Partners Group and ISP have spent the past decade assembling one of the largest international school networks in the world, pursuing a buy‑and‑build formula that targets academically established schools in cities with rising demand for private education. Today the company educates over 110,000 students across 111 schools in 25 countries, from the Middle East and Europe to Latin America and Asia. The new partnership with CVC is intended to fuel the next phase of that strategy, with fresh capital for campus expansions, technology upgrades, teacher recruitment and training, and additional acquisitions where regulators and demographics are supportive.
For CVC, the move deepens exposure to a sector that has proved resilient through economic cycles. Education platforms typically enjoy predictable, subscription‑like revenues from tuition, with enrollment that can lag macro slowdowns and a margin structure that improves as schools are integrated onto common curricula, systems, and procurement. Those characteristics have made K‑12 assets a favored hunting ground for buyout firms and long‑dated funds seeking steady compounding rather than quick flips. CVC is investing from its Strategic Opportunities strategy, which is designed to hold assets over longer time horizons and support multi‑year expansion plans.
The valuation—about €7 billion enterprise value on current numbers—reflects both the scale ISP has reached and investors’ expectations for continued organic enrollment growth in emerging hubs. It also underlines how far the market has moved in a short period. When OMERS bought its 25 percent stake four years ago, the company counted several dozen fewer schools and operated in fewer countries; since then, ISP has accelerated its pace of bolt‑on acquisitions and greenfield developments, while adding centralized services that aim to raise academic outcomes and operational efficiency across the network.
The deal comes amid a broader re‑rating of education assets globally. This year alone, investors have inked a string of billion‑dollar transactions spanning K‑12 operators, education infrastructure, and higher‑education platforms. Large private school groups have drawn sustained interest from infrastructure‑style pools of capital as well as traditional buyout funds, with sponsors pointing to secular demand drivers such as urbanization, expatriate mobility, and an expanding middle class in the Gulf, Southeast Asia, and parts of Latin America. In mature markets where policy winds are less favorable, managers have emphasized selective capital deployment and operational upgrades rather than headline expansion.
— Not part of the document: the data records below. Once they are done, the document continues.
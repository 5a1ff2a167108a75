// Objects in memory: opened by a word, their cells read and written.
#![tactic(auto)]

ghost use Rattle.std.specs.Prelude.{◌≡◌, ℕ, ◌^◌, ◌<◌};
ghost use Rattle.store.specs.View.{table_of};
ghost use Rattle.objects.specs.Open.{headed, boxed_cells, packed_cells, measured, located, extent, opened};

use answers::{Place, Refusal};
use kinds::Kind;
use memory::WordMemory;
pub use opened::Opened;
use store::{Store, window};

mod opened;

/// A vector, a string or words have at most this many entries.
pub const MAX_COUNT: u32 = 65_534;

fn foreign(place: usize) -> Refusal
    ensures { result ≡ Refusal.Foreign (Place.Memory place) }
{
    Refusal::Foreign(Place::Memory(place))
}

/// The first word is a header, where the kind has one.
fn is_headed(kind: Kind, first: u32) -> bool
    ensures { result ≡ headed kind first }
{
    kind.shape().heads == 0 || first / 0x100_0000 == 16
}

/// The cells of a boxed object of this many words.
fn boxed_cells(kind: Kind, size: usize) -> Option<u32>
    ensures { result ≡ boxed_cells kind size }
{
    let heads = kind.shape().heads;
    if size < heads || size - heads > MAX_COUNT as usize {
        return None;
    }
    Some((size - heads) as u32)
}

/// The entries of an unboxed object of this many words, with this second word.
fn packed_cells(kind: Kind, size: usize, second: u32) -> Option<u32>
    ensures { result ≡ packed_cells kind size second }
{
    let access = words::access_type(second);
    let count = words::entry_count(second);
    if !kind.has_access(access)
        || count > MAX_COUNT
        || size != kind.shape().heads + words::packed_words(access, count) as usize
    {
        return None;
    }
    Some(count)
}

/// The cells and access type of an object, from its head.
#[tactic(auto, unfolding(crate::specs::Open::measured))]
fn measure<M: WordMemory>(
    memory: &M,
    kind: Kind,
    base: u32,
    size: usize,
) -> Result<(u32, u32), Refusal>
    ensures { result ≡ measured (M.WordMemory.words memory.now) kind base size }
{
    if kind.shape().boxed {
        let cells = boxed_cells(kind, size).ok_or(foreign(base as usize))?;
        return Ok((cells, 0));
    }
    let second = memory.read(base as usize + 1)?;
    let cells = packed_cells(kind, size, second).ok_or(foreign(base as usize + 1))?;
    Ok((cells, words::access_type(second)))
}

// Kind, space and offset are taken from the word where they are wanted: a struct of them would hold no more than the word.
/// The place that a word of this kind points to.
#[tactic(auto, unfolding(crate::specs::Open::located))]
fn locate(store: &Store, kind: Kind, w: u32) -> u32
    ensures { result ≡ located (table_of store.now) kind w }
{
    store.windows[window(kind, words::space_code(w))].start as u32 + words::pointer_offset(w)
}

/// The words of the object of this kind that a word points to.
#[tactic(auto, unfolding(crate::specs::Open::extent))]
fn extent<M: WordMemory>(store: &Store, memory: &M, kind: Kind, w: u32) -> Result<usize, Refusal>
    ensures { result ≡ extent (table_of store.now) (M.WordMemory.words memory.now) kind w }
{
    let base = locate(store, kind, w) as usize;
    let j = window(kind, words::space_code(w));
    let offset = words::pointer_offset(w) as usize;
    if !store.in_use(j, offset, kind.shape().least) {
        return Err(foreign(base));
    }
    let first = memory.read(base)?;
    let size = kind.size_of(first);
    if is_headed(kind, first) && store.in_use(j, offset, size) {
        Ok(size)
    } else {
        Err(foreign(base))
    }
}

/// The object that a word leads to.
#[tactic(auto, unfolding(crate::specs::Open::opened))]
pub fn open<M: WordMemory>(store: &Store, memory: &M, w: u32) -> Result<Opened, Refusal>
    ensures { result ≡ opened (table_of store.now) (M.WordMemory.words memory.now) w }
{
    let kind = Kind::try_from(words::type_code(w))?;
    let size = extent(store, memory, kind, w)?;
    let base = locate(store, kind, w);
    let (cells, access) = measure(memory, kind, base, size)?;
    Ok(Opened {
        kind,
        space: words::space_code(w),
        offset: words::pointer_offset(w),
        base,
        cells,
        access,
    })
}
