// An object that a register's word leads to.
use kinds::Kind;

/// An object whose head was read and found in order.
#[derive(Clone, Copy)]
pub struct Opened {
    pub kind: Kind,
    // A number and no enum: it is one of the four space codes, by which the windows of a kind are counted.
    pub space: u32,
    /// Words from its window's start.
    pub offset: u32,
    /// The place of its first word.
    pub base: u32,
    /// How many cells or entries it has.
    pub cells: u32,
    // A number and no enum: sizes and shifts are computed from it.
    pub access: u32,
}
ISP’s footprint places it squarely in those growth corridors. In the Gulf, where population growth, parental preference for international curricula, and government ambitions to attract global talent have supported private education, the company has been adding capacity and expanding program offerings. In Latin America, acquisitions have provided entry into large, fragmented markets where brand, safety, and bilingual instruction can justify premium fees. Across Europe, the group is calibrating investments to local conditions, as some countries reassess the tax treatment of private schools while others encourage choice and competition among providers.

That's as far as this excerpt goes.